Cryo-electron microscopy (cryo-EM) has revolutionized membrane protein structural biology and offers several advantages for SPAC6F6.13c research:

• Technical advantages:

  • No crystallization requirement

  • Smaller sample quantities needed compared to X-ray crystallography

  • Visualization of protein in near-native environment

  • Captures multiple conformational states

• Sample preparation strategies:

  • Detergent solubilization followed by vitrification

  • Reconstitution into nanodiscs or amphipols

  • Lipid cubic phase embedding

  • On-grid purification approaches

• Data collection considerations:

  • High-end microscopes with energy filters

  • Direct electron detectors

  • Motion correction software

  • Automated data collection

• Image processing workflows:

  • 2D classification to identify conformational states

  • 3D reconstruction and refinement

  • Focused classification for flexible regions

  • Model building and validation

Recent advances in cryo-EM have enabled structure determination of increasingly smaller membrane proteins, making this approach viable for the 778-amino acid SPAC6F6.13c .

What CRISPR-based approaches are most promising for functional genomics of SPAC6F6.13c?

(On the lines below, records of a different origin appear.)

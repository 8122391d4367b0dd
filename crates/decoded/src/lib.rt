//! Bytes of a drive's structures as lines: of each field the name that its standard gives it, and its value.
#![tactic(auto)]

mod com_packet;
mod device;
mod fault;
mod field;
mod fis_fields;
mod kind;
mod level0;
mod listing;
mod run;

pub use fault::DecodeFault;
pub use kind::{Kind, check, lines};
pub use run::{DecodeError, run_decode};
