//! Laws of the codes in a line: each is in its form, by its type.

ghost use Rattle.std.specs.Prelude.{◌≡◌, true, Option, None};
ghost use Rattle.fare_codes.specs.Codes.{is_carrier, is_city};
ghost use Rattle.fare_line.specs.Line.{is_gap, is_pair, is_rule};

use fare_codes::{Carrier, City, RuleId};
use fare_line::Letter;

/// A city is in its form.
pub(crate) fn city_has_form(city: City)
    ensures { is_city city ≡ true }
{
    let _text = city.text();
}

/// A carrier is in its form.
pub(crate) fn carrier_has_form(carrier: Carrier)
    ensures { is_carrier carrier ≡ true }
{
    let _text = carrier.text();
}

/// A rule is nothing or an id in its form.
pub(crate) fn rule_has_form(rule: Option<RuleId>)
    ensures { is_rule rule ≡ true }
{
    match rule {
        None => (),
        Some(id) => {
            let _text = id.text();
        }
    }
}

/// A gap is nothing or leads to a city in its form.
pub(crate) fn gap_has_form(gap: Option<City>)
    ensures { is_gap gap ≡ true }
{
    match gap {
        None => (),
        Some(city) => city_has_form(city),
    }
}

/// A pair is nothing or two cities in their form, behind a letter that isn't empty.
pub(crate) fn pair_has_form(letter: Letter, pair: Option<(City, City)>)
    requires { letter ≡ Letter.Bare → pair ≡ None }
    ensures { is_pair letter pair ≡ true }
{
    match (letter, pair) {
        (_, None) | (Letter::Bare, _) => (),
        (Letter::Mileage(_), Some((first, second))) => {
            city_has_form(first);
            city_has_form(second);
        }
    }
}
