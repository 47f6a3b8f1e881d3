//! The parts of a line, each with its letter, its pair and its amount.

ghost use Rattle.std.specs.Prelude.{◌≡◌, true, None, Some, length, map, option_map};
ghost use Rattle.fare_line.specs.Line.{are_parts, is_led, is_priced};
ghost use Rattle.fare_calc.specs.LineOf.{FitsLine, cities_of, flown_from, letter_of, line_part};
ghost use Rattle.fare_calc.specs.PartSheets.{part_sheets};

use crate::composing::forms::{carrier_has_form, gap_has_form, pair_has_form, rule_has_form};
use crate::keeping::keep;
use crate::part_sheet::PartSheet;
use crate::sheets::Sheets;
use arrayvec::ArrayVec;
use fare_codes::{City, MOST_SECTORS, Nuc};
use fare_line::{Letter, LinePart};
use fare_mileage::Mileage;

/// The letter of a part.
fn letter_of(mileage: Mileage) -> Letter
    ensures { result ≡ letter_of mileage }
{
    match mileage {
        Mileage::Within(_) => Letter::Mileage(0),
        Mileage::Excess(step, _) => Letter::Mileage(step),
        Mileage::Direct | Mileage::NoTpm(_) | Mileage::NoMpm | Mileage::Over(_) => Letter::Bare,
    }
}

/// The two cities of a higher intermediate point.
fn cities_of(higher: Option<(City, City, Nuc)>) -> Option<(City, City)>
    ensures { result ≡ option_map cities_of higher }
{
    match higher {
        None => None,
        Some((first, second, _)) => Some((first, second)),
    }
}

/// The part of a line for the sheet of a part.
fn line_part(sheet: &PartSheet) -> LinePart
    requires { FitsLine sheet.now }
    ensures value { result ≡ line_part sheet.now }
    ensures form { is_priced result ≡ true }
{
    gap_has_form(sheet.gap);
    pair_has_form(letter_of(sheet.mileage), cities_of(sheet.higher));
    carrier_has_form(sheet.fare.carrier);
    rule_has_form(sheet.fare.rule);
    let gap = sheet.gap;
    let class = sheet.fare.class;
    let kind = sheet.fare.kind;
    let rule = sheet.fare.rule;
    LinePart {
        end: sheet.end,
        letter: letter_of(sheet.mileage),
        pair: cities_of(sheet.higher),
        amount: sheet.amount.hundredths(),
        carrier: sheet.fare.carrier,
        class,
        kind,
        rule,
        unit: sheet.unit,
        gap,
    }
}

/// The parts of the line of a lawful construction.
pub(crate) fn line_parts(sheets: &Sheets<'_>) -> ArrayVec<LinePart, MOST_SECTORS>
    ensures parts { result.items
        ≡ map line_part (part_sheets sheets.now.edition sheets.now.trip sheets.now.parts) }
    ensures form { are_parts 0 (length (flown_from sheets.now.trip 1)) result.items ≡ true }
    ensures led { is_led result.items ≡ true }
{
    let _sectors = sheets.trip().count();
    let _lawful = sheets.price();
    // A part holds a rule and cities within options; the check learns from these calls where their types stand.
    rule_has_form(None);
    gap_has_form(None);
    let mut parts = ArrayVec::new();
    for sheet in sheets.parts() {
        keep(&mut parts, Some(line_part(sheet)));
    }
    parts
}
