//! The plus-ups of a line, one for each unit whose price is above the sum of its amounts.

ghost use Rattle.std.specs.Prelude.{◌≡◌, ◌≤◌, true, IfSome, length, filter_map};
ghost use Rattle.std.specs.List.{list_all};
ghost use Rattle.fare_line.specs.Line.{is_plus};
ghost use Rattle.fare_calc.specs.LineOf.{plus_up_of};
ghost use Rattle.fare_calc.specs.UnitSheets.{FitsUnit, unit_sheets};

use crate::keeping::keep;
use crate::numbered_unit::NumberedUnit;
use crate::sheets::Sheets;
use arrayvec::ArrayVec;
use fare_codes::MOST_SECTORS;
use fare_line::PlusUp;

/// The plus-up of a unit.
fn plus_up_of(unit: &NumberedUnit) -> Option<PlusUp>
    requires { FitsUnit unit.now }
    ensures value { result ≡ plus_up_of unit.now }
    ensures form { IfSome result (λ plus. is_plus plus ≡ true) }
{
    let sheet = &unit.sheet;
    if sheet.sum < sheet.price {
        Some(PlusUp {
            unit: unit.number,
            amount: sheet.price - sheet.sum,
        })
    } else {
        None
    }
}

/// The plus-ups of the units of a lawful construction.
pub(crate) fn plus_ups(sheets: &Sheets<'_>) -> ArrayVec<PlusUp, MOST_SECTORS>
    ensures plus { result.items
        ≡ filter_map plus_up_of (unit_sheets sheets.now.edition sheets.now.trip sheets.now.parts) }
    ensures form { list_all is_plus result.items ≡ true }
    ensures few { length result.items ≤ MOST_SECTORS }
{
    let mut plus = ArrayVec::new();
    for unit in sheets.units() {
        keep(&mut plus, plus_up_of(unit));
    }
    plus
}
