//! The flown sectors of a line.

ghost use Rattle.std.specs.Prelude.{◌≡◌, ◌==◌, ◌&&◌, ◌≤◌, true, not, IfSome};
ghost use Rattle.std.specs.List.{list_all};
ghost use Rattle.fare_trip.specs.Itinerary.{count};
ghost use Rattle.fare_line.specs.Line.{is_flown};
ghost use Rattle.fare_calc.specs.LineOf.{flown_from, flown_of, flown_sector};

use crate::composing::forms::{carrier_has_form, city_has_form};
use crate::keeping::keep;
use arrayvec::ArrayVec;
use fare_codes::MOST_SECTORS;
use fare_line::LineSector;
use fare_trip::Trip;

/// Whether a point is marked: it is no stopover, and not the last point.
fn is_marked(stop: bool, number: usize, last: usize) -> bool
    ensures { result ≡ (not stop && not (number == last)) }
{
    !stop && number != last
}

/// A flown sector of a line.
fn flown_sector(trip: &Trip, number: usize) -> LineSector
    requires from_one { 1 ≤ number }
    requires to_count { number ≤ count trip.now }
    ensures value { result ≡ flown_sector trip.now number }
    ensures form { is_flown result ≡ true }
{
    let sector = trip.sector(number);
    carrier_has_form(sector.carrier);
    city_has_form(sector.to);
    LineSector {
        carrier: sector.carrier,
        transfer: is_marked(sector.stop, number, trip.count()),
        to: sector.to,
    }
}

/// The sector of a line for a sector of the trip, where that is no surface sector.
fn flown_of(trip: &Trip, number: usize) -> Option<LineSector>
    requires from_one { 1 ≤ number }
    requires to_count { number ≤ count trip.now }
    ensures value { result ≡ flown_of trip.now number }
    ensures form { IfSome result (λ sector. is_flown sector ≡ true) }
{
    let sector = trip.sector(number);
    if sector.surface {
        return None;
    }
    Some(flown_sector(trip, number))
}

/// The flown sectors of a trip.
pub(crate) fn flown_sectors(trip: &Trip) -> ArrayVec<LineSector, MOST_SECTORS>
    ensures sectors { result.items ≡ flown_from trip.now 1 }
    ensures form { list_all is_flown result.items ≡ true }
{
    let mut flown = ArrayVec::new();
    for number in 0..trip.count() {
        keep(&mut flown, flown_of(trip, number + 1));
    }
    flown
}
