mod all;
pub(crate) mod departures;
mod drr;
mod due;
mod emitted;
mod got;
mod heads;
mod idle;
mod inputs;
pub(crate) mod keeps;
mod layout;
mod log;
mod nodes;
pub(crate) mod packed;
mod prio;
mod resting;
mod round_robin;
mod shaper;
mod state;
mod stride;

use crate::ask::Ask;
use crate::backlog::Backlog;
use crate::limits::END_OF_PULLS;
use crate::session::departures::{Departure, Departures};
use crate::session::emitted::EmittedPackets;
use crate::session::heads::held_heads;
use crate::session::keeps::Keeps;
use crate::session::layout::lay_out;
use crate::session::nodes::Nodes;
use crate::session::packed::PackedLog;
use crate::session::prio::{DEVICE, pull_device};
use crate::tree::Tree;
use crate::visit::Visit;
use clk_packet::{Fault, Packet};
use std::alloc::Global;
use std::marker::Model;

/// A tree of schedulers with all that its nodes hold, and what is kept of the past. Contracts speak of every visit that its nodes made,
/// whether visits are kept or not. A session can be pulled 2^63 times. If it keeps nothing, or only the latest pull's visits, it allocates
/// nothing as it goes on.
#[derive(Drop)]
pub struct Session {
    tree: Tree,
    nodes: Nodes,
    // The packets emitted at the device. If they are kept, nobody has to look for them in the log.
    emitted: EmittedPackets,
}

impl Model for Session {
    ghost use Rattle.std.specs.Prelude.{◌≡◌, ◌<◌, ◌≤◌, true, false, [], drop, length};
    ghost use Rattle.clk_sched.specs.declared.limits.TheConstants.{END_OF_MOMENTS};
    ghost use Rattle.clk_sched.specs.Tree.{leaves_distinct};
    ghost use Rattle.clk_sched.specs.inside.Places.{edges_of};
    ghost use Rattle.clk_sched.specs.inside.Session.{IsAfterRun};
    ghost use Rattle.clk_sched.specs.Session.{SessionLists, latest_pull};
    ghost use Rattle.clk_sched.specs.Results.{emitted as emitted_in};
    ghost use Rattle.std.specs.Coded.{codes};
    ghost use Rattle.clk_sched.specs.Stored.{tree_code};

    ghost Value = { SessionLists };

    ghost coded = { Prim.hlevel (codes, tree_code) };

    ghost view = { λ s. record {
      tree = s.tree;
      log = s.nodes.log.items;
      keeps = record { visits = s.nodes.log.kind.keeps; packed = s.nodes.log.kind.packs; packets = s.emitted.keeps; latest = s.nodes.log.kind.latest };
      gone = s.nodes.log.kind.gone;
    } };

    ghost invariant = { λ s. IsAfterRun s.tree s.nodes × (s.nodes.moment < END_OF_MOMENTS) × (leaves_distinct s.tree ≡ true)
        × (s.emitted.keeps ≡ true → s.emitted.packets.items ≡ emitted_in s.nodes.log.items)
        × (s.emitted.count ≡ length (emitted_in s.nodes.log.items)) × (s.emitted.count ≤ s.nodes.pull)
        × (drop s.nodes.log.kind.start s.nodes.log.items ≡ latest_pull s.nodes.log.items)
        × (s.nodes.log.kind.latest ≡ true → edges_of s.nodes.inputs.items 0 ≤ s.nodes.log.kind.room)
        × (s.emitted.keeps ≡ false → s.emitted.packets.items ≡ []) };
}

CRISPR technologies offer powerful tools for investigating SPAC6F6.13c function:

• Knockout strategies:

  • Complete gene deletion

  • Introduction of premature stop codons

  • Frame-shifting indels

• Conditional approaches:

  • Auxin-inducible degron tagging

  • Transcriptional repression (CRISPRi)

  • Conditional promoter replacement

• Tagging applications:

  • Endogenous fluorescent protein fusions

  • Epitope tagging for immunoprecipitation

  • BioID or APEX2 proximity labeling tags

• Base editing applications:

  • Introduction of point mutations

  • Codon optimization

  • Regulatory sequence modification

• Screening approaches:

  • Genome-wide screens for genetic interactions

  • Focused screens targeting membrane protein pathways

  • Combinatorial gene editing

These approaches enable precise manipulation of SPAC6F6.13c to determine its functional importance, localization, and interaction partners without artifacts associated with overexpression systems.

How can single-cell technologies enhance understanding of SPAC6F6.13c expression patterns?

Single-cell approaches reveal cell-to-cell variability that population-based methods obscure:

• Single-cell RNA-seq applications:

  • Cell cycle-dependent expression patterns

  • Identification of rare cell populations with distinct expression

  • Correlation with other genes across single cells

  • Pseudotime analysis during cellular transitions

• Single-cell proteomics approaches:

  • Mass cytometry (CyTOF) with specific antibodies

  • Single-cell Western blotting

  • Fluorescent protein reporters in live cells

• Spatial transcriptomics:

  • In situ hybridization techniques

  • Spatial mapping of transcript localization

  • Correlation with cellular structures

• Microfluidic applications:

  • Single-cell isolation and analysis

  • Controlled perturbation studies

  • Time-lapse imaging with reporter systems

These approaches could reveal if SPAC6F6.13c exhibits expression heterogeneity across populations, cell cycle-dependent regulation, or localized expression patterns that suggest specialized functions in subpopulations of S. pombe cells.